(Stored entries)
++++++++

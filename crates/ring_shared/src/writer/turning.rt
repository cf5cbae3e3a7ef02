//! A page turn of the frame on top: its steps one after the other, each when its phase is due.
use crate::writer::Writer;
use ring_frames::Phase;

impl Writer {
    ghost use Rattle.ring_shared.specs.Calls.{IsWriter};
    ghost use Rattle.ring_shared.specs.Turning.{IsReservingTop, TurnsOn};

    /// The frame on top, which has a record to reserve, makes the steps of a page turn in their order, each of them at
    /// most once, and none that isn't due.
    #[inline(always)]
    pub(crate) fn turn_over(&mut self)
        requires writer { IsWriter self.old }
        requires top { IsReservingTop self.old.part.frames }
        ensures { TurnsOn self.old self.new }
    {
        self.load_link_if_due();
        self.claim_head_if_due();
        self.load_next_if_due();
        self.mark_head_if_due();
        self.clear_update_if_due();
        self.open_fill_if_due();
    }

    /// `load_link`, if that is due: the link into the position of the fill to open is loaded.
    #[inline(always)]
    fn load_link_if_due(&mut self)
        requires writer { IsWriter self.old }
        requires top { IsReservingTop self.old.part.frames }
        ensures { TurnsOn self.old self.new }
    {
        if let Phase::Looking { noted } = self.frames.phase() {
            self.load_link(noted);
        }
    }

    /// `claim_head`, if that is due: the head is lost.
    #[inline(always)]
    fn claim_head_if_due(&mut self)
        requires writer { IsWriter self.old }
        requires top { IsReservingTop self.old.part.frames }
        ensures { TurnsOn self.old self.new }
    {
        if let Phase::Claiming { noted, page } = self.frames.phase() {
            self.claim_head(noted, page);
        }
    }

    /// `load_next`, if that is due: the link after the page that is passed is loaded.
    #[inline(always)]
    fn load_next_if_due(&mut self)
        requires writer { IsWriter self.old }
        requires top { IsReservingTop self.old.part.frames }
        ensures { TurnsOn self.old self.new }
    {
        if let Phase::LookingNext { role, noted, page } = self.frames.phase() {
            self.load_next(role, noted, page);
        }
    }

    /// `mark_head`, if that is due: the next page becomes the head.
    #[inline(always)]
    fn mark_head_if_due(&mut self)
        requires writer { IsWriter self.old }
        requires top { IsReservingTop self.old.part.frames }
        ensures { TurnsOn self.old self.new }
    {
        if let Phase::Marking {
            role,
            noted,
            page,
            next,
        } = self.frames.phase()
        {
            self.mark_head(role, noted, page, next);
        }
    }

    /// `clear_update`, if that is due: the UPDATE of the claim is replaced.
    #[inline(always)]
    fn clear_update_if_due(&mut self)
        requires writer { IsWriter self.old }
        requires top { IsReservingTop self.old.part.frames }
        ensures { TurnsOn self.old self.new }
    {
        if let Phase::Clearing { noted, page } = self.frames.phase() {
            self.clear_update(noted, page);
        }
    }

    /// `open_fill`, if that is due: the page is the tail.
    #[inline(always)]
    fn open_fill_if_due(&mut self)
        requires writer { IsWriter self.old }
        requires top { IsReservingTop self.old.part.frames }
        ensures { TurnsOn self.old self.new }
    {
        if let Phase::Opening { noted, page } = self.frames.phase() {
            self.open_fill(noted, page);
        }
    }
}
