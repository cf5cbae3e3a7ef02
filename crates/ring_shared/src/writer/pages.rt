//! The steps by which the writer gets and gives up pages: a fill is begun, fills are closed, and the reader's wish is
//! looked for.
use crate::writer::Writer;
use ring_frames::StepAnswer;
use trace_model::FillNo;

impl Writer {
    ghost use Rattle.std.specs.Prelude.{◌≡◌};
    ghost use Rattle.trace_model.specs.Steps as model;
    ghost use Rattle.ring_frames.specs.declared.phase.Phase.TheVariants.{Opening, Releasing, Wishing};
    ghost use Rattle.ring_frames.specs.Answers.{KeepsPayloads};
    ghost use Rattle.ring_frames.specs.Phases.{as_answer};
    ghost use Rattle.ring_shared.specs.Calls.{MakesSome};
    ghost use Rattle.ring_shared.specs.Nearer.{IsNearer};
    ghost use Rattle.ring_shared.specs.Promises.{HasFrame};

    /// A store of the number of begun fills, unless another frame has begun the fill: the page to open is taken from
    /// its home, and is the tail from now on.
    #[inline(always)]
    pub(crate) fn open_fill(&mut self, noted: u64, page: u16) -> StepAnswer
        requires framed { HasFrame self.old }
        requires phase { self.old.frames.phase ≡ Opening noted page }
        ensures makes { MakesSome self.old model.steps (as_answer result) self.new }
        ensures nearer { IsNearer self.old self.new }
        ensures payloads { KeepsPayloads self.old.frames.stack self.new.frames.stack }
    {
        if noted != self.frames.opened() {
            return self.begin_again();
        }
        let body = self.seat.open_fill(page, FillNo(noted));
        self.pages.push_back_reserved(page);
        self.frames.open_fill(body)
    }

    /// A store of the number of closed fills: the oldest open fill is closed, and its page goes home.
    #[inline(always)]
    pub(crate) fn release_fill(&mut self) -> StepAnswer
        requires framed { HasFrame self.old }
        requires phase { self.old.frames.phase ≡ Releasing }
        ensures makes { MakesSome self.old model.steps (as_answer result) self.new }
        ensures nearer { IsNearer self.old self.new }
        ensures payloads { KeepsPayloads self.old.frames.stack self.new.frames.stack }
    {
        let page = self.frames.release_fill();
        match self.pages.pop_front() {
            Some(number) => self.seat.release_fill(number, page),
            None => unreachable!(),
        }
        StepAnswer::Going
    }

    /// A load of the reader's wish: if it is for the tail, which holds a record and isn't the last fill that may be
    /// begun, the frame closes it; else it closes what was begun meanwhile, or is gone.
    #[inline(always)]
    pub(crate) fn load_wish(&mut self) -> StepAnswer
        requires framed { HasFrame self.old }
        requires phase { self.old.frames.phase ≡ Wishing }
        ensures makes { MakesSome self.old model.steps (as_answer result) self.new }
        ensures nearer { IsNearer self.old self.new }
        ensures payloads { KeepsPayloads self.old.frames.stack self.new.frames.stack }
    {
        let wish = self.seat.load_wish();
        self.frames.load_wish(wish)
    }
}
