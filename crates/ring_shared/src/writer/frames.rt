//! What frames do in private. Each such call notes for proofs what it does to the frames, and touches no shared word.
use crate::writer::Writer;
use nested_writer::frame::Pushed;
use ring_frames::{Answer, StepAnswer};
use std::marker::Brand;
use trace_model::RecordNo;

impl Writer {
    ghost use Rattle.std.specs.Prelude.{◌≡◌, ◌≢◌, ℕ, ◌∷◌, Some, None};
    ghost use Rattle.trace_model.specs.Steps as model;
    ghost use Rattle.trace_model.specs.Words.{slot_len};
    ghost use Rattle.trace_model.specs.Frames.{noted_fill};
    ghost use Rattle.ring_model.specs.Seats.{PhaseIsPrivate};
    ghost use Rattle.nested_writer.specs.Stack.{opened};
    ghost use Rattle.nested_writer.specs.PlainTop.{IsPlainTop};
    ghost use Rattle.nested_writer.specs.declared.fault.WriteFault.{WriteFault};
    ghost use Rattle.nested_writer.specs.declared.stack.leave.Ended.TheVariants.{Pending};
    ghost use Rattle.ring_frames.specs.declared.phase.Phase.TheVariants.{Idle};
    ghost use Rattle.ring_frames.specs.Value.{phase_of};
    ghost use Rattle.ring_frames.specs.Answers.{top_bytes, EndsPayload, KeepsPayloads, ZerosSlot};
    ghost use Rattle.ring_frames.specs.Lens.{IsOneMore};
    ghost use Rattle.ring_frames.specs.Phases.{as_answer};
    ghost use Rattle.ring_shared.specs.Value.{SameWriter};
    ghost use Rattle.ring_shared.specs.Calls.{IsWriter, MakesSome};
    ghost use Rattle.ring_shared.specs.Nearer.{IsNearer};
    ghost use Rattle.ring_shared.specs.Rooms.{rooms};
    ghost use Rattle.ring_shared.specs.FewSteps.{MakesAtMost};
    ghost use Rattle.ring_shared.specs.Promises.{HasFrame};

    /// A writer begins: a frame is pushed for a record of this moment, and of a payload of `len` bytes. `Pushed`; or
    /// refused, and nothing changed: `TooDeep` if there are four frames, `TooLong` if the record has no room on an
    /// empty page, `LateMoment`, the first of these that holds.
    #[inline(always)]
    pub fn begin(&mut self, moment: u64, len: usize) -> Answer
        requires writer { IsWriter self.old }
        ensures makes { MakesSome self.old (model.pushes moment len) result self.new }
        ensures few { MakesAtMost 1 self.old.part self.new.part }
        ensures payloads { KeepsPayloads self.old.frames.stack self.new.frames.stack }
        ensures room { result ≡ Answer.Pushed → rooms self.new ≡ Some (slot_len len) ∷ rooms self.old }
        ensures refused { (fault : WriteFault) → result ≡ Answer.Refused fault → rooms self.new ≡ rooms self.old }
        ensures ring { SameWriter self.old self.new }
        ensures writer { IsWriter self.new }
    {
        self.seat.note::<Brand, _>(&(moment, len));
        self.frames.push(moment, len)
    }

    /// A close frame is pushed: it begins the next fill, if the tail page holds a record. `Pushed`, or
    /// refused as `TooDeep`.
    pub fn begin_close(&mut self) -> Answer
        requires writer { IsWriter self.old }
        ensures makes { MakesSome self.old model.pushes_close result self.new }
        ensures few { MakesAtMost 1 self.old.part self.new.part }
        ensures payloads { KeepsPayloads self.old.frames.stack self.new.frames.stack }
        ensures room { result ≡ Answer.Pushed → rooms self.new ≡ None ∷ rooms self.old }
        ensures refused { (fault : WriteFault) → result ≡ Answer.Refused fault → rooms self.new ≡ rooms self.old }
        ensures ring { SameWriter self.old self.new }
        ensures writer { IsWriter self.new }
    {
        self.seat.note::<Brand, _>(&());
        self.frames.push_close()
    }

    /// The frame on top, whose record is reserved, ends with the payload that is in its slot. `Ended`; or refused, and
    /// nothing changed, as `NoFrame` or as `NotReserved`.
    #[inline(always)]
    pub fn end(&mut self) -> Answer
        requires writer { IsWriter self.old }
        ensures makes { MakesSome self.old (model.ends (top_bytes self.old.frames.stack self.old.frames.stack.frames))
            result self.new }
        ensures few { MakesAtMost 1 self.old.part self.new.part }
        ensures payloads { EndsPayload self.old.frames.stack self.new.frames.stack }
        ensures rooms { result ≡ Answer.Ended Pending → IsOneMore (rooms self.old) (rooms self.new) }
        ensures refused { (fault : WriteFault) → result ≡ Answer.Refused fault → rooms self.new ≡ rooms self.old }
        ensures ring { SameWriter self.old self.new }
        ensures writer { IsWriter self.new }
    {
        self.seat.note::<Brand, _>(&self.frames);
        self.frames.end()
    }

    /// The record of the frame on top is reserved, or it is a close frame that has nothing to close and leaves; or a
    /// page is needed, and noted or refused. A frame that has reserved gets its number again.
    #[inline(always)]
    pub(crate) fn reserve(&mut self) -> Answer
        requires framed { HasFrame self.old }
        requires phase { self.old.frames.phase ≡ Idle }
        ensures makes { MakesSome self.old model.steps result self.new }
        ensures nearer { IsNearer self.old self.new }
        ensures payloads { KeepsPayloads self.old.frames.stack self.new.frames.stack }
        ensures zeros { ZerosSlot self.old.frames.stack result self.new.frames.stack }
    {
        self.seat.note::<Brand, _>(&());
        self.frames.reserve()
    }

    /// Reserves the record of the frame on top, which is one as nearly all are, and answers its number.
    #[inline(always)]
    pub(crate) fn reserve_plain(&mut self, pushed: Pushed) -> RecordNo
        requires writer { IsWriter self.old }
        requires plain { IsPlainTop self.old.frames.stack pushed }
        ensures makes { MakesSome self.old model.steps (Answer.Reserved result) self.new }
        ensures payloads { KeepsPayloads self.old.frames.stack self.new.frames.stack }
        ensures zeros { ZerosSlot self.old.frames.stack (Answer.Reserved result) self.new.frames.stack }
    {
        self.seat.note::<Brand, _>(&pushed);
        self.frames.reserve_plain(pushed)
    }

    /// A fill was begun since the frame on top noted what to open, so that it begins again.
    #[inline(never)]
    pub(crate) fn begin_again(&mut self) -> StepAnswer
        requires framed { HasFrame self.old }
        requires passed { (noted : ℕ) × (noted_fill (phase_of self.old.frames.phase) ≡ Some noted)
            × (noted ≢ opened self.old.frames.stack) }
        requires private { PhaseIsPrivate (phase_of self.old.frames.phase) (opened self.old.frames.stack) }
        ensures makes { MakesSome self.old model.steps (as_answer result) self.new }
        ensures nearer { IsNearer self.old self.new }
        ensures payloads { KeepsPayloads self.old.frames.stack self.new.frames.stack }
    {
        self.seat.note::<Brand, _>(&());
        self.frames.begin_again()
    }
}
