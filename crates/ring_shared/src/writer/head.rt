//! The steps of a frame that needs a page, up to the fill's beginning, each on the word of one link: it looks for a
//! free position, and moves the head if there is none.
//!
//! Another frame may have begun the noted fill meanwhile: then such a step loads and sets nothing, and its frame begins
//! again. `clear_update` doesn't test that, nor does an owner in `load_next` and `mark_head`.
use crate::writer::Writer;
use link_marks::Mark;
use ring_frames::{Phase, Role, StepAnswer};
use trace_model::FillNo;

impl Writer {
    ghost use Rattle.std.specs.Prelude.{◌≡◌, ◌+◌, ◌≤◌};
    ghost use Rattle.trace_model.specs.declared.limits.TheConstants.{MAX_PAGES};
    ghost use Rattle.trace_model.specs.Steps as model;
    ghost use Rattle.ring_frames.specs.declared.phase.Phase.TheVariants.{Looking, Claiming, LookingNext, Marking};
    ghost use Rattle.ring_frames.specs.declared.phase.Phase.TheVariants.{Clearing};
    ghost use Rattle.ring_steps.specs.Linking.{tail_in};
    ghost use Rattle.ring_frames.specs.Answers.{KeepsPayloads};
    ghost use Rattle.ring_frames.specs.Phases.{as_answer};
    ghost use Rattle.ring_shared.specs.Calls.{IsWriter, MakesSome};
    ghost use Rattle.ring_shared.specs.Nearer.{IsNearer};
    ghost use Rattle.ring_shared.specs.Promises.{HasFrame, MovesHead};

    /// The page of the last fill that is begun.
    fn tail(&self) -> u16
        requires writer { IsWriter self.now }
        ensures { result ≡ tail_in self.now.part }
    {
        match self.pages.back() {
            Some(page) => *page,
            None => unreachable!(),
        }
    }

    /// A load of the link into the position of the fill to open, from the tail's word: it is free, or its page is the
    /// head, or a frame below is moving the head.
    #[inline(always)]
    pub(crate) fn load_link(&mut self, noted: u64) -> StepAnswer
        requires framed { HasFrame self.old }
        requires phase { self.old.frames.phase ≡ Looking noted }
        ensures makes { MakesSome self.old model.steps (as_answer result) self.new }
        ensures nearer { IsNearer self.old self.new }
        ensures payloads { KeepsPayloads self.old.frames.stack self.new.frames.stack }
    {
        if noted != self.frames.opened() {
            return self.begin_again();
        }
        let tail = self.tail();
        let link = self.seat.load_link(tail);
        let page = link.page;
        let phase = match link.mark {
            Mark::Normal => Phase::Opening { noted, page },
            Mark::Header => Phase::Claiming { noted, page },
            Mark::Update => Phase::LookingNext {
                role: Role::Helper,
                noted,
                page,
            },
        };
        self.frames.go_on(phase)
    }

    /// A compare and exchange of the link into the position of the fill to open, from HEADER to UPDATE, by which the
    /// head is lost.
    #[inline(always)]
    pub(crate) fn claim_head(&mut self, noted: u64, page: u16) -> StepAnswer
        requires framed { HasFrame self.old }
        requires phase { self.old.frames.phase ≡ Claiming noted page }
        ensures makes { MakesSome self.old model.steps (as_answer result) self.new }
        ensures nearer { IsNearer self.old self.new }
        ensures payloads { KeepsPayloads self.old.frames.stack self.new.frames.stack }
    {
        if noted != self.frames.opened() {
            return self.begin_again();
        }
        let tail = self.tail();
        let lost = FillNo(noted - self.frames.pages() as u64);
        let phase = if self.seat.claim_head(tail, page, lost) {
            Phase::LookingNext {
                role: Role::Owner,
                noted,
                page,
            }
        } else {
            Phase::Looking { noted }
        };
        self.frames.go_on(phase)
    }

    /// The fill after the one that is lost for the fill that the frame on top noted, which moves the head on for it.
    #[inline(always)]
    fn after_lost(&self, noted: u64) -> u64
        requires framed { HasFrame self.now }
        requires phase { MovesHead self.now.frames.phase noted }
        ensures fill { result + self.now.shape.pages ≡ noted + 1 }
        ensures few { self.now.shape.pages ≤ MAX_PAGES }
    {
        noted + 1 - self.frames.pages() as u64
    }

    /// A load of the next link, from the word of the page that is passed, to see whether that link still waits for its
    /// HEADER.
    #[inline(always)]
    pub(crate) fn load_next(&mut self, role: Role, noted: u64, page: u16) -> StepAnswer
        requires framed { HasFrame self.old }
        requires phase { self.old.frames.phase ≡ LookingNext role noted page }
        ensures makes { MakesSome self.old model.steps (as_answer result) self.new }
        ensures nearer { IsNearer self.old self.new }
        ensures payloads { KeepsPayloads self.old.frames.stack self.new.frames.stack }
    {
        if self.frames.stops(role, noted) {
            return self.begin_again();
        }
        let after_lost = self.after_lost(noted);
        let link = self.seat.load_next(page, FillNo(after_lost));
        let phase = match link.mark {
            Mark::Normal if link.fill == after_lost => Phase::Marking {
                role,
                noted,
                page,
                next: link.page,
            },
            _ => role.after_next(noted, page),
        };
        self.frames.go_on(phase)
    }

    /// A compare and exchange of the next link from NORMAL to HEADER. If it fails, a frame that interrupted this one
    /// has set that HEADER already; this frame goes on either way.
    #[inline(always)]
    pub(crate) fn mark_head(&mut self, role: Role, noted: u64, page: u16, next: u16) -> StepAnswer
        requires framed { HasFrame self.old }
        requires phase { self.old.frames.phase ≡ Marking role noted page next }
        ensures makes { MakesSome self.old model.steps (as_answer result) self.new }
        ensures nearer { IsNearer self.old self.new }
        ensures payloads { KeepsPayloads self.old.frames.stack self.new.frames.stack }
    {
        if self.frames.stops(role, noted) {
            return self.begin_again();
        }
        let after_lost = self.after_lost(noted);
        let _marked = self.seat.mark_head(page, next, FillNo(after_lost));
        self.frames.go_on(role.after_next(noted, page))
    }

    /// A compare and exchange of the link of the claim from the frame's own UPDATE to NORMAL. It never fails: no other
    /// frame replaces that UPDATE.
    #[inline(always)]
    pub(crate) fn clear_update(&mut self, noted: u64, page: u16) -> StepAnswer
        requires framed { HasFrame self.old }
        requires phase { self.old.frames.phase ≡ Clearing noted page }
        ensures makes { MakesSome self.old model.steps (as_answer result) self.new }
        ensures nearer { IsNearer self.old self.new }
        ensures payloads { KeepsPayloads self.old.frames.stack self.new.frames.stack }
    {
        let front = self.pages[(noted - 1 - self.frames.done()) as usize];
        let _cleared = self.seat.clear_update(front, page, FillNo(noted));
        self.frames.go_on(Phase::Opening { noted, page })
    }
}
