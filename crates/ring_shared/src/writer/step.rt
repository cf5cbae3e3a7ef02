//! One step of the frame on top.
use crate::writer::Writer;
use nested_writer::WriteFault;
use ring_frames::{Answer, Phase, StepAnswer};

impl Writer {
    ghost use Rattle.std.specs.Prelude.{◌≡◌, ◌≢◌};
    ghost use Rattle.trace_model.specs.Steps as model;
    ghost use Rattle.ring_frames.specs.declared.answer.Answer.TheVariants.{Going};
    ghost use Rattle.ring_frames.specs.declared.phase.Phase.TheVariants.{Idle};
    ghost use Rattle.ring_frames.specs.Answers.{KeepsPayloads};
    ghost use Rattle.ring_frames.specs.Phases.{as_answer};
    ghost use Rattle.ring_shared.specs.Value.{SameWriter};
    ghost use Rattle.ring_shared.specs.Calls.{IsWriter, MakesSome};
    ghost use Rattle.ring_shared.specs.Nearer.{IsNearer};
    ghost use Rattle.ring_shared.specs.Rooms.{rooms};
    ghost use Rattle.ring_shared.specs.FewSteps.{MakesAtMost};
    ghost use Rattle.ring_shared.specs.Promises.{HasFrame, KeepsSlots};

    /// One step of the frame on top, in its phase: a step on one word, or one that touches none. `Going` if it is on
    /// the stack, and has reserved nothing yet, or has left and has more to do; `Reserved` with its record's number,
    /// whose slot holds only zeros when it is reserved; `Gone` once it has left the stack. Refused with `NoFrame` if
    /// there is no frame; and a frame that needs a page is refused, and leaves, as `Crowded` if all pages of the ring
    /// have fills that aren't closed, as `Worn` after the last fill that may be begun.
    #[inline(always)]
    pub fn step(&mut self) -> Answer
        requires writer { IsWriter self.old }
        ensures makes { MakesSome self.old model.steps result self.new }
        ensures few { MakesAtMost 1 self.old.part self.new.part }
        ensures nearer { IsNearer self.old self.new }
        ensures slots { KeepsSlots self.old result self.new }
        ensures going { result ≡ Going → rooms self.new ≡ rooms self.old }
        ensures ring { SameWriter self.old self.new }
        ensures writer { IsWriter self.new }
    {
        if self.frames.is_empty() {
            self.seat.note_step();
            return Answer::Refused(WriteFault::NoFrame);
        }
        match self.frames.phase() {
            Phase::Idle => self.reserve(),
            Phase::Wishing => self.load_wish().answer(),
            _ => self.word_step().answer(),
        }
    }

    /// One step of the frame on top, which has more to do at the words. It is called rarely.
    #[inline(never)]
    fn word_step(&mut self) -> StepAnswer
        requires framed { HasFrame self.old }
        requires busy { self.old.frames.phase ≢ Idle }
        ensures makes { MakesSome self.old model.steps (as_answer result) self.new }
        ensures nearer { IsNearer self.old self.new }
        ensures payloads { KeepsPayloads self.old.frames.stack self.new.frames.stack }
    {
        match self.frames.phase() {
            Phase::Idle => unreachable!(),
            Phase::Looking { noted } => self.load_link(noted),
            Phase::Claiming { noted, page } => self.claim_head(noted, page),
            Phase::LookingNext { role, noted, page } => self.load_next(role, noted, page),
            Phase::Marking {
                role,
                noted,
                page,
                next,
            } => self.mark_head(role, noted, page, next),
            Phase::Clearing { noted, page } => self.clear_update(noted, page),
            Phase::Opening { noted, page } => self.open_fill(noted, page),
            Phase::Releasing => self.release_fill(),
            Phase::Wishing => self.load_wish(),
        }
    }
}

++++++++

:: What you need to do ::
Looking at the records above, in how many lines does the word "Claiming" occur? Reply with the number alone.

:: Exercise result ::
5